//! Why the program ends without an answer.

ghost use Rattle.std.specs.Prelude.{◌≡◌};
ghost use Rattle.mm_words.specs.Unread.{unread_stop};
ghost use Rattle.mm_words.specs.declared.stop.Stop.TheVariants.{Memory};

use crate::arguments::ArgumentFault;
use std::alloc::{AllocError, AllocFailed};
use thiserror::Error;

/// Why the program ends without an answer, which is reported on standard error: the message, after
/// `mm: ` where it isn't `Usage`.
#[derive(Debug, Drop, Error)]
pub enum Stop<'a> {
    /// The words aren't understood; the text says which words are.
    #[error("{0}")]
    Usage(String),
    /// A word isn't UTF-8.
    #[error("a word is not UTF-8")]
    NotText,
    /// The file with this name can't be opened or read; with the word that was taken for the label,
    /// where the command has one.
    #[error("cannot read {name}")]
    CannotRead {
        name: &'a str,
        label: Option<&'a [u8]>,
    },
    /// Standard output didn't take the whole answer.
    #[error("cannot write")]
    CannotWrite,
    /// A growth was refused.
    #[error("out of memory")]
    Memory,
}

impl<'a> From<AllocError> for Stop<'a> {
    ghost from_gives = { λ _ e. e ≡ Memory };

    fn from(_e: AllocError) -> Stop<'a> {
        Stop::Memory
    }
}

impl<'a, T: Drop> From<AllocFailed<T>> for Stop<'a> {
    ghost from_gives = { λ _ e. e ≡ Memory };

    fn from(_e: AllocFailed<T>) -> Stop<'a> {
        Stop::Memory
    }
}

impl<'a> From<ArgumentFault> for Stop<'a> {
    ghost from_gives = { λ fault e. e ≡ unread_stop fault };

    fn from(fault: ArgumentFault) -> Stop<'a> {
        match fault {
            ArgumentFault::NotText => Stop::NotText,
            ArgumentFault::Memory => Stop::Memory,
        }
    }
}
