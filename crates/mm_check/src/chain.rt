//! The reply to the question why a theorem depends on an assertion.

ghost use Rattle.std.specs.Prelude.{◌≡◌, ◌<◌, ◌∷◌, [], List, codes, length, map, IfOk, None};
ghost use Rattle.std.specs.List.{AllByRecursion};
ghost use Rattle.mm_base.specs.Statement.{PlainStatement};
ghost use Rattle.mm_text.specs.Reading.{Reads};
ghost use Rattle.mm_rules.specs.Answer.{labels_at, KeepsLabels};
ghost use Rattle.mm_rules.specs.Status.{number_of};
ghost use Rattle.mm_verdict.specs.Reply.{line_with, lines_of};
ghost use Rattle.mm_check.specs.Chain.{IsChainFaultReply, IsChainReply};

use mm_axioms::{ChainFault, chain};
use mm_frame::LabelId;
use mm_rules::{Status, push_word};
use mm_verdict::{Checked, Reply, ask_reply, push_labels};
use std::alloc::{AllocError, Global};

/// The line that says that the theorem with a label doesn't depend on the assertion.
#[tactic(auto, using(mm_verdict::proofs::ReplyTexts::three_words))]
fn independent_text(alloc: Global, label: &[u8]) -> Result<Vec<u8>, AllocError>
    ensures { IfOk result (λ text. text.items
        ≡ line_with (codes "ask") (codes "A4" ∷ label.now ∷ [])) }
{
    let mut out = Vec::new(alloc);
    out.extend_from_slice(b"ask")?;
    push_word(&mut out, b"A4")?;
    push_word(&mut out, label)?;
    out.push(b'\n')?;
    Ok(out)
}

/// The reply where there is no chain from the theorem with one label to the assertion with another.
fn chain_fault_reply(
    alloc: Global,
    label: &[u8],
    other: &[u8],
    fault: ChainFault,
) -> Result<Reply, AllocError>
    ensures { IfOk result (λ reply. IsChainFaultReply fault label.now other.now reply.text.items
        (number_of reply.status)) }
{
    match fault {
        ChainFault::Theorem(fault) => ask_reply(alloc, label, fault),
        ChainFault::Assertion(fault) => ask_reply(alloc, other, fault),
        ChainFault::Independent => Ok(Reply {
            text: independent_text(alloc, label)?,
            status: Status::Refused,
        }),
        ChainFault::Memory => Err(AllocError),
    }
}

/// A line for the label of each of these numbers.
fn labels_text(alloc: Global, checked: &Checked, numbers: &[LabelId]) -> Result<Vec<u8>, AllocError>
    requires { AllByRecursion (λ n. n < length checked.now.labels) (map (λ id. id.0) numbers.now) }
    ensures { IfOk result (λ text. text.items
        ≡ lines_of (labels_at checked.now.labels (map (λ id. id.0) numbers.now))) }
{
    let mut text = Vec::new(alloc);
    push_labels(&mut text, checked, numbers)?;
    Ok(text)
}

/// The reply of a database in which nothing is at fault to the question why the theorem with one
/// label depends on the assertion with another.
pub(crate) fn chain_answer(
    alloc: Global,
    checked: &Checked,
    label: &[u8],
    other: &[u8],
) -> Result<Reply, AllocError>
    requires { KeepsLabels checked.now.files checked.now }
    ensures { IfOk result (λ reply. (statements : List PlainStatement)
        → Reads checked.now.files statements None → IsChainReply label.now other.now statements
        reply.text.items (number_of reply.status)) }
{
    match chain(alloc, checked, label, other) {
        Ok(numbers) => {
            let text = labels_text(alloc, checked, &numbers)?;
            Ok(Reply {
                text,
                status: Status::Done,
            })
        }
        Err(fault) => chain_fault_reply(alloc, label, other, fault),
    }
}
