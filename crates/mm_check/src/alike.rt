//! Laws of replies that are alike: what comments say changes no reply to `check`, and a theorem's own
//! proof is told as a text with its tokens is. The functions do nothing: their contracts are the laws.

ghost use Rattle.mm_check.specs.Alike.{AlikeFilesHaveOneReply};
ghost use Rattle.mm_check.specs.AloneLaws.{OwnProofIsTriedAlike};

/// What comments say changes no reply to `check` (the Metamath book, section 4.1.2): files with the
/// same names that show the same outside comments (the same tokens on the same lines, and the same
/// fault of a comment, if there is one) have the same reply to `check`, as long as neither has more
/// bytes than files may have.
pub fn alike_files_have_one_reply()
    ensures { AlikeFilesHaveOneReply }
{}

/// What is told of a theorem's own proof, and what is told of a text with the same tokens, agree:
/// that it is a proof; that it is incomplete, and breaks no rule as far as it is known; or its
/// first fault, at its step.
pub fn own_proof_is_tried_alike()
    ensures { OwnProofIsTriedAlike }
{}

■ Task statement ■
Word for word, transcribe each of the entries above.

■ Final answer ■
//! Why the program ends without an answer.

ghost use Rattle.std.specs.Prelude.{◌≡◌};
ghost use Rattle.mm_words.specs.Unread.{unread_stop};
ghost use Rattle.mm_words.specs.declared.stop.Stop.TheVariants.{Memory};

use crate::arguments::ArgumentFault;
use std::alloc::{AllocError, AllocFailed};
use thiserror::Error;

/// Why the program ends without an answer, which is reported on standard error: the message, after
/// `mm: ` where it isn't `Usage`.
#[derive(Debug, Drop, Error)]
pub enum Stop<'a> {
    /// The words aren't understood; the text says which words are.
    #[error("{0}")]
    Usage(String),
    /// A word isn't UTF-8.
    #[error("a word is not UTF-8")]
    NotText,
    /// The file with this name can't be opened or read; with the word that was taken for the label,
    /// where the command has one.
    #[error("cannot read {name}")]
    CannotRead {
        name: &'a str,
        label: Option<&'a [u8]>,
    },
    /// Standard output didn't take the whole answer.
    #[error("cannot write")]
    CannotWrite,
    /// A growth was refused.
    #[error("out of memory")]
    Memory,
}

impl<'a> From<AllocError> for Stop<'a> {
    ghost from_gives = { λ _ e. e ≡ Memory };

    fn from(_e: AllocError) -> Stop<'a> {
        Stop::Memory
    }
}

impl<'a, T: Drop> From<AllocFailed<T>> for Stop<'a> {
    ghost from_gives = { λ _ e. e ≡ Memory };

    fn from(_e: AllocFailed<T>) -> Stop<'a> {
        Stop::Memory
    }
}

impl<'a> From<ArgumentFault> for Stop<'a> {
    ghost from_gives = { λ fault e. e ≡ unread_stop fault };

    fn from(fault: ArgumentFault) -> Stop<'a> {
        match fault {
            ArgumentFault::NotText => Stop::NotText,
            ArgumentFault::Memory => Stop::Memory,
        }
    }
}
filename crates/mm_check/src/chain.rt
//! The reply to the question why a theorem depends on an assertion.

ghost use Rattle.std.specs.Prelude.{◌≡◌, ◌<◌, ◌∷◌, [], List, codes, length, map, IfOk, None};
ghost use Rattle.std.specs.List.{AllByRecursion};
ghost use Rattle.mm_base.specs.Statement.{PlainStatement};
ghost use Rattle.mm_text.specs.Reading.{Reads};
ghost use Rattle.mm_rules.specs.Answer.{labels_at, KeepsLabels};
ghost use Rattle.mm_rules.specs.Status.{number_of};
ghost use Rattle.mm_verdict.specs.Reply.{line_with, lines_of};
ghost use Rattle.mm_check.specs.Chain.{IsChainFaultReply, IsChainReply};

use mm_axioms::{ChainFault, chain};
use mm_frame::LabelId;
use mm_rules::{Status, push_word};
use mm_verdict::{Checked, Reply, ask_reply, push_labels};
use std::alloc::{AllocError, Global};

/// The line that says that the theorem with a label doesn't depend on the assertion.
#[tactic(auto, using(mm_verdict::proofs::ReplyTexts::three_words))]
fn independent_text(alloc: Global, label: &[u8]) -> Result<Vec<u8>, AllocError>
    ensures { IfOk result (λ text. text.items
        ≡ line_with (codes "ask") (codes "A4" ∷ label.now ∷ [])) }
{
    let mut out = Vec::new(alloc);
    out.extend_from_slice(b"ask")?;
    push_word(&mut out, b"A4")?;
    push_word(&mut out, label)?;
    out.push(b'\n')?;
    Ok(out)
}

/// The reply where there is no chain from the theorem with one label to the assertion with another.
fn chain_fault_reply(
    alloc: Global,
    label: &[u8],
    other: &[u8],
    fault: ChainFault,
) -> Result<Reply, AllocError>
    ensures { IfOk result (λ reply. IsChainFaultReply fault label.now other.now reply.text.items
        (number_of reply.status)) }
{
    match fault {
        ChainFault::Theorem(fault) => ask_reply(alloc, label, fault),
        ChainFault::Assertion(fault) => ask_reply(alloc, other, fault),
        ChainFault::Independent => Ok(Reply {
            text: independent_text(alloc, label)?,
            status: Status::Refused,
        }),
        ChainFault::Memory => Err(AllocError),
    }
}

/// A line for the label of each of these numbers.
fn labels_text(alloc: Global, checked: &Checked, numbers: &[LabelId]) -> Result<Vec<u8>, AllocError>
    requires { AllByRecursion (λ n. n < length checked.now.labels) (map (λ id. id.0) numbers.now) }
    ensures { IfOk result (λ text. text.items
        ≡ lines_of (labels_at checked.now.labels (map (λ id. id.0) numbers.now))) }
{
    let mut text = Vec::new(alloc);
    push_labels(&mut text, checked, numbers)?;
    Ok(text)
}

/// The reply of a database in which nothing is at fault to the question why the theorem with one
/// label depends on the assertion with another.
pub(crate) fn chain_answer(
    alloc: Global,
    checked: &Checked,
    label: &[u8],
    other: &[u8],
) -> Result<Reply, AllocError>
    requires { KeepsLabels checked.now.files checked.now }
    ensures { IfOk result (λ reply. (statements : List PlainStatement)
        → Reads checked.now.files statements None → IsChainReply label.now other.now statements
        reply.text.items (number_of reply.status)) }
{
    match chain(alloc, checked, label, other) {
        Ok(numbers) => {
            let text = labels_text(alloc, checked, &numbers)?;
            Ok(Reply {
                text,
                status: Status::Done,
            })
        }
        Err(fault) => chain_fault_reply(alloc, label, other, fault),
    }
}
filename crates/mm_check/src/alike.rt
//! Laws of replies that are alike: what comments say changes no reply to `check`, and a theorem's own
//! proof is told as a text with its tokens is. The functions do nothing: their contracts are the laws.

ghost use Rattle.mm_check.specs.Alike.{AlikeFilesHaveOneReply};
ghost use Rattle.mm_check.specs.AloneLaws.{OwnProofIsTriedAlike};

/// What comments say changes no reply to `check` (the Metamath book, section 4.1.2): files with the
/// same names that show the same outside comments (the same tokens on the same lines, and the same
/// fault of a comment, if there is one) have the same reply to `check`, as long as neither has more
/// bytes than files may have.
pub fn alike_files_have_one_reply()
    ensures { AlikeFilesHaveOneReply }
{}

/// What is told of a theorem's own proof, and what is told of a text with the same tokens, agree:
/// that it is a proof; that it is incomplete, and breaks no rule as far as it is known; or its
/// first fault, at its step.
pub fn own_proof_is_tried_alike()
    ensures { OwnProofIsTriedAlike }
{}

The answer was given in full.